WORK REQUIRED: Search the records that follow and extract every line containing the string "precessed".

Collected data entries
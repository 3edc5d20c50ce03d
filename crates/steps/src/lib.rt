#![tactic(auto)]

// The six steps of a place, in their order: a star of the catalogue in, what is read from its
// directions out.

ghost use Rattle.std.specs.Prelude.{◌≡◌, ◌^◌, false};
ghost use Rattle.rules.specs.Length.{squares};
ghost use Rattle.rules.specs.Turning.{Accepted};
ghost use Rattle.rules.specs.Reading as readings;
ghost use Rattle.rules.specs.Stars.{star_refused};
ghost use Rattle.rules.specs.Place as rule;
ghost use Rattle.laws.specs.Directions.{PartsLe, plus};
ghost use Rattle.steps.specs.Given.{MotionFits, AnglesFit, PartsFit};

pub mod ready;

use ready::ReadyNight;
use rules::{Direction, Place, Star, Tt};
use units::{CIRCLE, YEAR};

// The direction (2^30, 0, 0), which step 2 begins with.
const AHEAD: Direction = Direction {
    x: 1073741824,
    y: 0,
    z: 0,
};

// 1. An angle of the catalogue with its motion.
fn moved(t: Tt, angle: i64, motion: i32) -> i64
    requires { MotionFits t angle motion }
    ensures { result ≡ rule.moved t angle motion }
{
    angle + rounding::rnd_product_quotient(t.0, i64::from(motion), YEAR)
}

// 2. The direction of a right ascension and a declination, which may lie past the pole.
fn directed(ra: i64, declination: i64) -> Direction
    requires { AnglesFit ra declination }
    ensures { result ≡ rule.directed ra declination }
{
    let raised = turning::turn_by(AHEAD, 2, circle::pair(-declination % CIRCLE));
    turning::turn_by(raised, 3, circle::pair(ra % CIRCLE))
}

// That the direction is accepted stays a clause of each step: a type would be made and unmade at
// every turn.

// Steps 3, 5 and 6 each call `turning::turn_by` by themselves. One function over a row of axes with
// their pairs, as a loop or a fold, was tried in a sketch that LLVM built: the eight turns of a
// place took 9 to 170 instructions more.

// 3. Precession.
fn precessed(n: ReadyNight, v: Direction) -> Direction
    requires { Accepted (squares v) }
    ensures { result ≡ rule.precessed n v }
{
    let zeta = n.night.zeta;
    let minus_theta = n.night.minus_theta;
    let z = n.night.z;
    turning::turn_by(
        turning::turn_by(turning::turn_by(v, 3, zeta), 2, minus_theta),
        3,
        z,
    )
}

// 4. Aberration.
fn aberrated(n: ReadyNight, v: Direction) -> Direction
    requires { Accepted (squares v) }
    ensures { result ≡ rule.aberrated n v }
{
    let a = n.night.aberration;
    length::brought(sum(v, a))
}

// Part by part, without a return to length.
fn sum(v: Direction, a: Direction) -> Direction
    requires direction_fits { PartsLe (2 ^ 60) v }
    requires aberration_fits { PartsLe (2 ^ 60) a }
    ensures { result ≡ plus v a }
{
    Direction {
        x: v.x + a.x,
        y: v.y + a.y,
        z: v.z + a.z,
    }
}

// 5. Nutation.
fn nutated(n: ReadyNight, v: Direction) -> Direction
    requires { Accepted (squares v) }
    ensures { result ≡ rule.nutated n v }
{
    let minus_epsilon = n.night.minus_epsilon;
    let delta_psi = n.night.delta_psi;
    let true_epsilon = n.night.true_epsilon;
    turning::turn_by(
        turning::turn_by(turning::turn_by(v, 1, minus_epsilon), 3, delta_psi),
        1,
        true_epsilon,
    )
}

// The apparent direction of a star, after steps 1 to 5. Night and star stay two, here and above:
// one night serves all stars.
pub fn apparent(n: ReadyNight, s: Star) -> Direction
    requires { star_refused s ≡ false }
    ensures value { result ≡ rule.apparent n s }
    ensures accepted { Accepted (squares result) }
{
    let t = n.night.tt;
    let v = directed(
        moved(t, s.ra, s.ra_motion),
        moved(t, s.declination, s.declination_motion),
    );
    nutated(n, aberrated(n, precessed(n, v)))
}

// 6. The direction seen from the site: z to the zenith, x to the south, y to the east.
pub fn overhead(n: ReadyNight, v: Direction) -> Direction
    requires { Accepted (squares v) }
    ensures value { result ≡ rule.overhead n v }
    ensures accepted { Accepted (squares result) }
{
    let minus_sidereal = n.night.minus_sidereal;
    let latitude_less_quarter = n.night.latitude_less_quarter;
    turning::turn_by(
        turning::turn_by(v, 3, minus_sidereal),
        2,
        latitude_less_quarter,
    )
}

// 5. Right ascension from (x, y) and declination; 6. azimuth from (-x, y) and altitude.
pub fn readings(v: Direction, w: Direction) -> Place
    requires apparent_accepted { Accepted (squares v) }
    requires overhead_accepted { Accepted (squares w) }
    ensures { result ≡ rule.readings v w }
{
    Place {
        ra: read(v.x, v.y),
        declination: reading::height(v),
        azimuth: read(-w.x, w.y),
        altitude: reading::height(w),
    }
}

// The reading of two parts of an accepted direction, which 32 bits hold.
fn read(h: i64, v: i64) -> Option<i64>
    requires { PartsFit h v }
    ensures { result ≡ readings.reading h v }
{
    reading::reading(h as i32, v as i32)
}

ANSWER SECTION:
fn precessed(n: ReadyNight, v: Direction) -> Direction
    ensures { result ≡ rule.precessed n v }
    nutated(n, aberrated(n, precessed(n, v)))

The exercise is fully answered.